Wonder why they don't put it a bit further down the road? I mean if you go out past the Home Despot Plateau there is a lot of open area that they could develop. I'd even think that the tax rates would be a bit better if they moved a little.

So what was your point abou... (Below threshold)
firstbrokenangel:

So what was your point about Walmart?


As to Building 19, I went to the Salem, NH one once - you have to be a member to go and I don't find shopping adventurous by any means.

So what was the purpose of this article?


Cindy

Building 19 sounds an awful... (Below threshold)
James:

Building 19 sounds an awful lot like Ollie's Bargain Outlet that we have down in PA. Same MO (buy surplus, fire sale, etc.) and same motto (albeit punctuated as "Good stuff, cheap!"). It was cool enough, but I wouldn't ever place it in "competition" with Wal-Mart, any more than I would a thrift store.
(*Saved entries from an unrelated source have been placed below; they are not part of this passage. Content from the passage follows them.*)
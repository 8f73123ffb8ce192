//! Each generated sample cuts into its tokens: laws alone.
#![tactic(auto)]

ghost use Rattle.ep_sample_cuts.specs.Laws.{AllCut};

/// Each sample cuts into its tokens.
pub fn cuts()
    ensures { AllCut }
{}
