// The exports of include/glazepouch.h: each calls the function of its name in capi, and states its clauses again.
// They are a crate of their own, since a crate is a library or a static library.
#![tactic(auto)]

ghost use Rattle.std.specs.Prelude.{◌≡◌, length};
ghost use Rattle.plan.specs.PlanFile.{section_tried};
ghost use Rattle.audit.specs.Audit.{audit_of};
ghost use Rattle.judge.specs.Judge.{judge_of};
ghost use Rattle.floor.specs.Floor.{floor_of};
ghost use Rattle.ratio.specs.Ratio.{ratio_of};
ghost use Rattle.writer.specs.Write.{write_of, buffer_of};
ghost use Rattle.capi.specs.Codes.{Solves, code_of_tried, code_of, value_or, totals_or, kind_or, ratio_or};

// Total cost, read misses, fills and write hits of a plan. Refusals 1 to 17.
#[unsafe(no_mangle)]
pub extern "C" fn gp_audit(trace: &[u8], plan: &[u8], totals: &mut [u64; 4]) -> u64
    ensures value { result ≡ code_of (audit_of trace.now plan.now) }
    ensures totals_after { totals.new ≡ totals_or (audit_of trace.now plan.now) totals.old }
{
    capi::gp_audit(trace, plan, totals)
}

// The cost at which a plan is accepted. Refusals 1 to 18.
#[unsafe(no_mangle)]
pub extern "C" fn gp_judge(trace: &[u8], plan: &[u8], cost: &mut u64) -> u64
    ensures value { result ≡ code_of (judge_of trace.now plan.now) }
    ensures cost_after { cost.new ≡ value_or (judge_of trace.now plan.now) cost.old }
{
    capi::gp_judge(trace, plan, cost)
}

// The floor of a list of rents. Refusals 1 to 8, 11, 17.
#[unsafe(no_mangle)]
pub extern "C" fn gp_floor(trace: &[u8], rents: &[u32], floor: &mut i64) -> u64
    ensures value { result ≡ code_of (floor_of trace.now rents.now) }
    ensures floor_after { floor.new ≡ value_or (floor_of trace.now rents.now) floor.old }
{
    capi::gp_floor(trace, rents, floor)
}

// The plan file of flags and rents, from the buffer's start; the rest of the buffer is kept. Refusals 1 to 8, 11, 13, 14, 15, 17, 19.
#[unsafe(no_mangle)]
pub extern "C" fn gp_write(
    trace: &[u8],
    flags: &[u8],
    rents: &[u32],
    buffer: &mut [u8],
    cost: &mut u64,
) -> u64
    ensures value { result ≡ code_of (write_of trace.now flags.now rents.now (length buffer.old)) }
    ensures buffer_after { buffer.new ≡ buffer_of trace.now flags.now rents.now buffer.old }
    ensures cost_after { cost.new ≡ value_or (write_of trace.now flags.now rents.now (length buffer.old)) cost.old }
{
    capi::gp_write(trace, flags, rents, buffer, cost)
}

// A least-cost plan from the buffer's start, and its cost. Refusals 1 to 8, then 19.
#[unsafe(no_mangle)]
pub extern "C" fn gp_solve(trace: &[u8], buffer: &mut [u8], cost: &mut u64) -> u64
    ensures { Solves trace.now buffer.old cost.old result buffer.new cost.new }
{
    capi::gp_solve(trace, buffer, cost)
}

// Whether the flags and the rents can be taken from a plan's bytes. Refusals 1 to 12.
#[unsafe(no_mangle)]
pub extern "C" fn gp_section(trace: &[u8], plan: &[u8]) -> u64
    ensures { result ≡ code_of_tried (section_tried trace.now plan.now) }
{
    capi::gp_section(trace, plan)
}

// The measured cost by the least: the kind is 0 for no cost, 1 for no ratio, 2 for a ratio. Refusals 20, 21.
#[unsafe(no_mangle)]
pub extern "C" fn gp_ratio(least: u64, measured: u64, kind: &mut u8, ratio: &mut f64) -> u64
    ensures value { result ≡ code_of (ratio_of least measured) }
    ensures kind_after { kind.new ≡ kind_or (ratio_of least measured) kind.old }
    ensures ratio_after { ratio.new ≡ ratio_or (ratio_of least measured) ratio.old }
{
    capi::gp_ratio(least, measured, kind, ratio)
}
Anyway, to those who think Wal-Mart is "destroying" the country: they have found a niche need that was not filled. This is amazing, because it's a *huge* niche. They sell to lower-income people who need semi-nice things. Are the $4.99 sheet sets I get there going to be as nice as the 60 dollar ones I could get at Bed Bath & Beyond? Fuck no, but they're not going to be only 1/12th as good either. I could get a fancy-schmancy 400 dollar vacuum that will last for two decades and run like a dream, or I can spend $39.95 for the weekly special from Korea that will probably last 5 years, and spend the rest on things like food and rent.

I'm not poor, but I live in a *very* expensive area, so most of my paycheck goes to housing expenses. Sometimes it comes down to having two things we want that we could choose between at "market" prices, or we can go to Wal-Mart and get both. If they achieve that through evil business practices, hey, that sucks, but fight it through the legal system. Again, if emminent domain is being abused, fix that. If they're abusing monpolistic powers, take 'em down. But if they just have a more efficient system that lets them out-compete... hey, I win.